* [Task description] Your answer is one number, how many lines in the entries include "shards".

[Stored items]
**********

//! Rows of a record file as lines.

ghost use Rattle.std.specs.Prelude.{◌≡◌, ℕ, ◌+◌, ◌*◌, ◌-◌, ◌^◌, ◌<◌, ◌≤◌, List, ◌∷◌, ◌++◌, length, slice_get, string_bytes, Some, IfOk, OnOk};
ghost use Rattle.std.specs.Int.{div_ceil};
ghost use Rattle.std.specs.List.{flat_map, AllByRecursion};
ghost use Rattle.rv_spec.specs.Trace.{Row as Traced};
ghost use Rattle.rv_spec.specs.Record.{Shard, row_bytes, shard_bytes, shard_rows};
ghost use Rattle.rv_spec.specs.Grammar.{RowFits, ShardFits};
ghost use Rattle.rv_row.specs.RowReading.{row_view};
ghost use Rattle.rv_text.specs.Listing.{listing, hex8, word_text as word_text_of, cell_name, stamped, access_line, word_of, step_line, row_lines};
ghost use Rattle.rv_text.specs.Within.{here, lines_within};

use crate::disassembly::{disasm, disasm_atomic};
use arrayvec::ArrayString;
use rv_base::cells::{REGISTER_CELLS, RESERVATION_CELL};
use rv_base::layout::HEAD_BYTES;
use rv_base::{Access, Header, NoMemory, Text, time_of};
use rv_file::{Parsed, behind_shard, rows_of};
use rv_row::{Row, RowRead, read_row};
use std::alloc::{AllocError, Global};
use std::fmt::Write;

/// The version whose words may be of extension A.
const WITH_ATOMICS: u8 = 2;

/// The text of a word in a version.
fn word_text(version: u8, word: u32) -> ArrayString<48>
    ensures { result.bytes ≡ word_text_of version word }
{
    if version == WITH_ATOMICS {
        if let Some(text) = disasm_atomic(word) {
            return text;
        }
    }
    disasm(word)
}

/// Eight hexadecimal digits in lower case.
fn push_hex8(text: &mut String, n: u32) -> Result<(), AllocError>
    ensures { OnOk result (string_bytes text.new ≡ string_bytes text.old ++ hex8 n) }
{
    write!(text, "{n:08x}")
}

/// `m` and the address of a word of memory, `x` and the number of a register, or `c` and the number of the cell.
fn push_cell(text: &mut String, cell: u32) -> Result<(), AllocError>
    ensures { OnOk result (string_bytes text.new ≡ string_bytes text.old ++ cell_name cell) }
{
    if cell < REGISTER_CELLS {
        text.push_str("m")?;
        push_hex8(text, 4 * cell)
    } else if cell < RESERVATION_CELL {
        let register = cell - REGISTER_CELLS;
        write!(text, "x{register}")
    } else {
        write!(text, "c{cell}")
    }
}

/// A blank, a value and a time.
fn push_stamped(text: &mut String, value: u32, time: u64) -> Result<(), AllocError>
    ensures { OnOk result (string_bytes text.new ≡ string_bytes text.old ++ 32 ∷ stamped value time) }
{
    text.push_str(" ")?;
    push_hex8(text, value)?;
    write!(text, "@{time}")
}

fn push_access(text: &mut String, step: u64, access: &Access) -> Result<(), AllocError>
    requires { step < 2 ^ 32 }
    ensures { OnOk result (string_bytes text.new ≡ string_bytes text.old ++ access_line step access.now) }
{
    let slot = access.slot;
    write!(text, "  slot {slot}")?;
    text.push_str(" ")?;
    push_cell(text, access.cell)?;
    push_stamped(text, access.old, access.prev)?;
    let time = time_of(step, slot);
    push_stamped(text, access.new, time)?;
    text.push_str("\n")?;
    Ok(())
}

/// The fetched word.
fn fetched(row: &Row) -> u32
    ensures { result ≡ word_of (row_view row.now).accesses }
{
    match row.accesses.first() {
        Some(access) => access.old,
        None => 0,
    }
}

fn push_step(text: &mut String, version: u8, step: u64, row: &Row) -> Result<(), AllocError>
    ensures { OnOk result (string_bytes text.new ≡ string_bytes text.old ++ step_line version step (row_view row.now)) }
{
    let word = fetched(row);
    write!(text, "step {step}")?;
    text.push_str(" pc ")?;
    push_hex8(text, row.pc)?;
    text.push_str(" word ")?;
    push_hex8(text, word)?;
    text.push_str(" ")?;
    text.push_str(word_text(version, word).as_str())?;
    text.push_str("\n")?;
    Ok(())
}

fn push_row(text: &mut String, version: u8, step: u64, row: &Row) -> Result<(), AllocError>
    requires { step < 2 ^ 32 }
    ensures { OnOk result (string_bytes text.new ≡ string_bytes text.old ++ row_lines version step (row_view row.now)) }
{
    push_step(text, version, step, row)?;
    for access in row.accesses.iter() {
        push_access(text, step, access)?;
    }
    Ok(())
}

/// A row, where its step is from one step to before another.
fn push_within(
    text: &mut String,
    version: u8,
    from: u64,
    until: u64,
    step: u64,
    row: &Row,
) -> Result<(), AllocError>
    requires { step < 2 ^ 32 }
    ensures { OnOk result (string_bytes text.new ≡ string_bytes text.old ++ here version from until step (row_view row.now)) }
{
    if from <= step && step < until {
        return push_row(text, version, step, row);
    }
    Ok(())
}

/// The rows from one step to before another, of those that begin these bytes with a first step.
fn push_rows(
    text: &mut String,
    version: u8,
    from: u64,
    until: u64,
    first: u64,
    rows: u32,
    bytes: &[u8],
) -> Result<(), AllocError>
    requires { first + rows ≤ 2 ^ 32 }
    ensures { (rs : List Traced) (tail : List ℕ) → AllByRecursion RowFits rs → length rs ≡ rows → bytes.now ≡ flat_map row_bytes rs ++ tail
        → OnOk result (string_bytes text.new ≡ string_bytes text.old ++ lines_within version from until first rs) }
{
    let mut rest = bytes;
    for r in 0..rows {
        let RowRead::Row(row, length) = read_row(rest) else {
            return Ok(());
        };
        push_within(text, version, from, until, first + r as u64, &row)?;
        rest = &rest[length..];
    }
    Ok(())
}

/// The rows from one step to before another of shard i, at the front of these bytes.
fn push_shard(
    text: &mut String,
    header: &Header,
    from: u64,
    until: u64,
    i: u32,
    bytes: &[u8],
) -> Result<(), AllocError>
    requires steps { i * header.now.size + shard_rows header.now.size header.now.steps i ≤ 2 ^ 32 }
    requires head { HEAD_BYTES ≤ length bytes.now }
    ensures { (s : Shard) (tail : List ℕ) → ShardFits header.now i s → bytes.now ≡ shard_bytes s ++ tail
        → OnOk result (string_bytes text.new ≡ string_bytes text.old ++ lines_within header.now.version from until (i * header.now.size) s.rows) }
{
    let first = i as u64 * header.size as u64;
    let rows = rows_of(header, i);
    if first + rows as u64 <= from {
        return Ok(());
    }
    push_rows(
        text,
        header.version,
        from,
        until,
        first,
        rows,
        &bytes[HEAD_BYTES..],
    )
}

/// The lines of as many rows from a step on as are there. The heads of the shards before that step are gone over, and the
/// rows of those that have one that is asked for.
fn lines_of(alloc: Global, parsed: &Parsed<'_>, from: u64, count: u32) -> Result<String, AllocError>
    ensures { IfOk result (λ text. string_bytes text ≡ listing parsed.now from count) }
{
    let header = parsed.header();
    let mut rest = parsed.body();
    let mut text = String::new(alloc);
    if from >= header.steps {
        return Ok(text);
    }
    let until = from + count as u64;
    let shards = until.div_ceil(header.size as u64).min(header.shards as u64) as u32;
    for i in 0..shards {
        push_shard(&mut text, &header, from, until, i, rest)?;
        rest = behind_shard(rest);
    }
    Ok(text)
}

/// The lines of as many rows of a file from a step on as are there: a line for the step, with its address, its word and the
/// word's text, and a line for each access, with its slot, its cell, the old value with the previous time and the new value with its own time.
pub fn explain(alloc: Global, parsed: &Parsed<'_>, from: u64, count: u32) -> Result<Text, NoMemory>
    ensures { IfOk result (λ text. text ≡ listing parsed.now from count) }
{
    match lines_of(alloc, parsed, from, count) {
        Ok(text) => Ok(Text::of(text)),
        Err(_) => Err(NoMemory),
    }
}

**********

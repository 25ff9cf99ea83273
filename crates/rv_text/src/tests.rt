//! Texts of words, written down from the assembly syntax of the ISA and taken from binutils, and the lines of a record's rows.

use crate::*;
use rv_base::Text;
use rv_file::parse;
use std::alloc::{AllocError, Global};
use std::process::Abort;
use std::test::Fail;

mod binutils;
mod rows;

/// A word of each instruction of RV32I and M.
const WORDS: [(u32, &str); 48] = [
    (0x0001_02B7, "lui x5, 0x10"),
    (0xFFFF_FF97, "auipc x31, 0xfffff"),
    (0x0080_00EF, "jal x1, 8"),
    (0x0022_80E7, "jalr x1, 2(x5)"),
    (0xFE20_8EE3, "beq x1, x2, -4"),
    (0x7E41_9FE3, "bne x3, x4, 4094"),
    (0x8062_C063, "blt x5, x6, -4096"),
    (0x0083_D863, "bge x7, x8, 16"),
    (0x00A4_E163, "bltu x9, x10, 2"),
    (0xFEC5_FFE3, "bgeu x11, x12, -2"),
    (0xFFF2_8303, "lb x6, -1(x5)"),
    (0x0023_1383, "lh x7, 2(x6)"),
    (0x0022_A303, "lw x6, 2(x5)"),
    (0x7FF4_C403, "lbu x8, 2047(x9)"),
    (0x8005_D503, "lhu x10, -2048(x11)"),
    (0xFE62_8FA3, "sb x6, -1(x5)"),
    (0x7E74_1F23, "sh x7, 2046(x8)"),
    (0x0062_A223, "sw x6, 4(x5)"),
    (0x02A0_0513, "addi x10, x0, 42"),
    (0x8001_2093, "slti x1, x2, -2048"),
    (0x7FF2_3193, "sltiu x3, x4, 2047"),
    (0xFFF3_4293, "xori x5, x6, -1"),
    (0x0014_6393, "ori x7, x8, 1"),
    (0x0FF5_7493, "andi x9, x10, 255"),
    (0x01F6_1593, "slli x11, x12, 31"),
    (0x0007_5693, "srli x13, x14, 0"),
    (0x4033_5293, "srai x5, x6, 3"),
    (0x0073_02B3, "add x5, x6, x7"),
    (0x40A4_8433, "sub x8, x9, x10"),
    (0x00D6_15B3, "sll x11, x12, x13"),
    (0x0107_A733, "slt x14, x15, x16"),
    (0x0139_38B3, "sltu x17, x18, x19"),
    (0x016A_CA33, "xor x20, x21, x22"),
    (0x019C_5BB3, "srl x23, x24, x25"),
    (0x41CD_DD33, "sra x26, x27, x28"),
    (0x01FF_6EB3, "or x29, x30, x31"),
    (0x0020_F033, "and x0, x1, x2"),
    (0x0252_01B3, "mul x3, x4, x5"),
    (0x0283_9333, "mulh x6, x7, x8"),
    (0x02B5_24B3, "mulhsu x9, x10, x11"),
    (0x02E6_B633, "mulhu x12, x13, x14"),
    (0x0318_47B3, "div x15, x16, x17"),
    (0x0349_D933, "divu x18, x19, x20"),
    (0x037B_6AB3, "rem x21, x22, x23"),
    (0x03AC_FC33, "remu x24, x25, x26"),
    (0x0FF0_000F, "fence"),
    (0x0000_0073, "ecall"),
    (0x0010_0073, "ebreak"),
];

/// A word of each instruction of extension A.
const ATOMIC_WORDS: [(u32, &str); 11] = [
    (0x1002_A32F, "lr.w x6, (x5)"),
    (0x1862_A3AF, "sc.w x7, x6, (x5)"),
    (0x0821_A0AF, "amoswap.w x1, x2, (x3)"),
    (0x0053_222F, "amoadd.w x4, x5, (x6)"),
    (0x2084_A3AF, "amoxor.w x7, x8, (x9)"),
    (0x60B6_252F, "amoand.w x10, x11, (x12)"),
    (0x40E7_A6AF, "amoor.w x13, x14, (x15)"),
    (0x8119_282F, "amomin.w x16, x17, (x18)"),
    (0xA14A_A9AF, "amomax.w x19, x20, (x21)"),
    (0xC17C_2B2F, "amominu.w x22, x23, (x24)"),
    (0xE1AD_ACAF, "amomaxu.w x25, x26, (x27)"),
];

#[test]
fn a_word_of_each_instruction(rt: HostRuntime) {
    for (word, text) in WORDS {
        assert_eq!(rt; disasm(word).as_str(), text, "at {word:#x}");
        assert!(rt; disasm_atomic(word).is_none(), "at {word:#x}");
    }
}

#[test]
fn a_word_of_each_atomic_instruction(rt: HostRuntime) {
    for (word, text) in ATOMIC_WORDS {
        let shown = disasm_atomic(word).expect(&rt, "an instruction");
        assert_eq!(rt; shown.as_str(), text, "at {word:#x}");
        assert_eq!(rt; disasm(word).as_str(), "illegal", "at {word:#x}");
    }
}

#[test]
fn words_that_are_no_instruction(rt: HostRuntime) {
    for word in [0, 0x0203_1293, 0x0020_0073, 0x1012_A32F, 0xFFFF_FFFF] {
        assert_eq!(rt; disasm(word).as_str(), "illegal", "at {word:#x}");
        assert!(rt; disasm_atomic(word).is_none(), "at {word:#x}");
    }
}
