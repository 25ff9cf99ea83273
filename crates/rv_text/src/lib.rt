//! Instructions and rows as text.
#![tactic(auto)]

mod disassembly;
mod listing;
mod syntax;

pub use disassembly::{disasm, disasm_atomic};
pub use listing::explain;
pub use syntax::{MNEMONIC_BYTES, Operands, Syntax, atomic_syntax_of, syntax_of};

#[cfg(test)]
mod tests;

**********

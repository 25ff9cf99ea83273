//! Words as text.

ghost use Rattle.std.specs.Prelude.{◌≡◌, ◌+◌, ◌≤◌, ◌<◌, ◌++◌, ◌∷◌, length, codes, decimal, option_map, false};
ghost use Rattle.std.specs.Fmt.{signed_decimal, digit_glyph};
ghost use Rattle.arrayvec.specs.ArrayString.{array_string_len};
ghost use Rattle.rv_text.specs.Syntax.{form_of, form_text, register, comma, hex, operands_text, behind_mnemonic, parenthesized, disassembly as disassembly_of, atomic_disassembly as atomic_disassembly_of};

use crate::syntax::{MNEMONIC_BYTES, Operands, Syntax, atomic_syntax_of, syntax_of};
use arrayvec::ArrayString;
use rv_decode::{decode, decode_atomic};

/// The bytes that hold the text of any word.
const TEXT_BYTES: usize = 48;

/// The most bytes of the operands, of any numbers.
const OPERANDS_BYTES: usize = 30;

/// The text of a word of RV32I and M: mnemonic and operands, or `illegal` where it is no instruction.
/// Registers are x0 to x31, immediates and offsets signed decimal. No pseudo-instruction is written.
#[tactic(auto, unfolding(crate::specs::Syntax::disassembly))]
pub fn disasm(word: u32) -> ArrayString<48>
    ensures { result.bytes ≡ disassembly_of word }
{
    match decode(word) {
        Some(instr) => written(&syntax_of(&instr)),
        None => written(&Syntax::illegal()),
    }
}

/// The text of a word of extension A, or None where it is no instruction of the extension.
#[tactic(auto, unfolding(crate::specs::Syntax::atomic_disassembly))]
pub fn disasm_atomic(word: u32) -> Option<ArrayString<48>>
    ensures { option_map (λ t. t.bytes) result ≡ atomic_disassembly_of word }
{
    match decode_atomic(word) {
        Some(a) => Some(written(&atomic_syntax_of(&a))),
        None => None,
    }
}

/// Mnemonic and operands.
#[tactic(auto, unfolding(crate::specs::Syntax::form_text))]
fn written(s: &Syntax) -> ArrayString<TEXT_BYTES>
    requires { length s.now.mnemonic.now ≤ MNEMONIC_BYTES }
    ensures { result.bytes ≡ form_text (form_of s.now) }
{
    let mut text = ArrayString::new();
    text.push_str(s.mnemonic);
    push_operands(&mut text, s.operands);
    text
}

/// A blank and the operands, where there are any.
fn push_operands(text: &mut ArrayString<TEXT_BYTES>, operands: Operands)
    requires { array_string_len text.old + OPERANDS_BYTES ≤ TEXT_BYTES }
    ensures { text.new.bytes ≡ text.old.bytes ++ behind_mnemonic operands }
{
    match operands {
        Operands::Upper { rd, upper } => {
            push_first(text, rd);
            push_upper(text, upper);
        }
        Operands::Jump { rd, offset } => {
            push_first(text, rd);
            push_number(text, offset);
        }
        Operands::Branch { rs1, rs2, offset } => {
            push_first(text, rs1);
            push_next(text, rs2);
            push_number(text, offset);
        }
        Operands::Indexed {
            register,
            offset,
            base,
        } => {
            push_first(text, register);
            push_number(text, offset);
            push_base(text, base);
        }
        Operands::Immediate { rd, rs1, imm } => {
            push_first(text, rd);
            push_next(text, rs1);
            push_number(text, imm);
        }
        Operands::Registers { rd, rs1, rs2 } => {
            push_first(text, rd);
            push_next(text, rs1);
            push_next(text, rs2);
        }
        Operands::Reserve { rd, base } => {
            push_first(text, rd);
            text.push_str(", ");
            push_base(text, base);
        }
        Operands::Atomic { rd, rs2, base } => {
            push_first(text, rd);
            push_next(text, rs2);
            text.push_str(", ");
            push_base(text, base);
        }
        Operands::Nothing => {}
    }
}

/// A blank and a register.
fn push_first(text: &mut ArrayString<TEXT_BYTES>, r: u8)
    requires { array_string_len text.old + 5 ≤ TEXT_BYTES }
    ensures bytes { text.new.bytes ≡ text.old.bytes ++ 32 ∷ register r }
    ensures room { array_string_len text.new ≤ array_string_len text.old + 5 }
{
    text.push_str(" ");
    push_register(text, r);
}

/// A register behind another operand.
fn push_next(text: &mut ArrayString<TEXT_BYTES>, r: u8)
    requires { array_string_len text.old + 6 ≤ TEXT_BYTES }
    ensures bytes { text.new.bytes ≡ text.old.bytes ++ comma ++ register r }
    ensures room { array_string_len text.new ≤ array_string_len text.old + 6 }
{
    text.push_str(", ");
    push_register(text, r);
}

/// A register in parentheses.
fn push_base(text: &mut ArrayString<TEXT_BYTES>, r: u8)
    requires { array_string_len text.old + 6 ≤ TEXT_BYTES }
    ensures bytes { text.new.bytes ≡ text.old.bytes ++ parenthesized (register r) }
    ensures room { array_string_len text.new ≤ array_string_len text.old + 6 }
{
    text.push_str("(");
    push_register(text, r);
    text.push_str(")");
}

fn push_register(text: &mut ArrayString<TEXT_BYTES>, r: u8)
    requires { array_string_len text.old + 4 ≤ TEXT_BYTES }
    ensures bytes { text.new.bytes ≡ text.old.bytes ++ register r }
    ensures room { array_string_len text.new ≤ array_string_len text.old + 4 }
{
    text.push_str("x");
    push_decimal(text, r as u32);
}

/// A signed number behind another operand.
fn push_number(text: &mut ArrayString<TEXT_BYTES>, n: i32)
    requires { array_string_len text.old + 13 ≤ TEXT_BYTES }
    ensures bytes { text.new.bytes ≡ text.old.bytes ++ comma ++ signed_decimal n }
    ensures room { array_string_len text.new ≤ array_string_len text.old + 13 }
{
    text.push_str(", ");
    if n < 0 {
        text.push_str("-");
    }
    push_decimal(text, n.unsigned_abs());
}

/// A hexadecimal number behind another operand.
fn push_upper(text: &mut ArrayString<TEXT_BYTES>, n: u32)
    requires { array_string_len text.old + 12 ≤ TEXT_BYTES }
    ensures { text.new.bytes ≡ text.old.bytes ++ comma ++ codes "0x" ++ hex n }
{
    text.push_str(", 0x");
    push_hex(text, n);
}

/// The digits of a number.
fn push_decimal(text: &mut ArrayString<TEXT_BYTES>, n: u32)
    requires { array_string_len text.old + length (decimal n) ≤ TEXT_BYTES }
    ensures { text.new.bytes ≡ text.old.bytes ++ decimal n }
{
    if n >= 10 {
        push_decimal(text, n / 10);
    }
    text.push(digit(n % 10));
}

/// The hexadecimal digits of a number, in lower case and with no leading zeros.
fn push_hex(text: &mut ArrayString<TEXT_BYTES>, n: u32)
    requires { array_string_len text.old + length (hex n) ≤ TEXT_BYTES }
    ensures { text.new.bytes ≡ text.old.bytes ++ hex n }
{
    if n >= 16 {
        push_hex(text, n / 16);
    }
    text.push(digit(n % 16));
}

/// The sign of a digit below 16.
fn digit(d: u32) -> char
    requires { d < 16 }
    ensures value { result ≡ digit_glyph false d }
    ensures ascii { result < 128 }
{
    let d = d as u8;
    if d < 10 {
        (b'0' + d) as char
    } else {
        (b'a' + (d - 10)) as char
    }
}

**********

* [Solution to the exercise] 3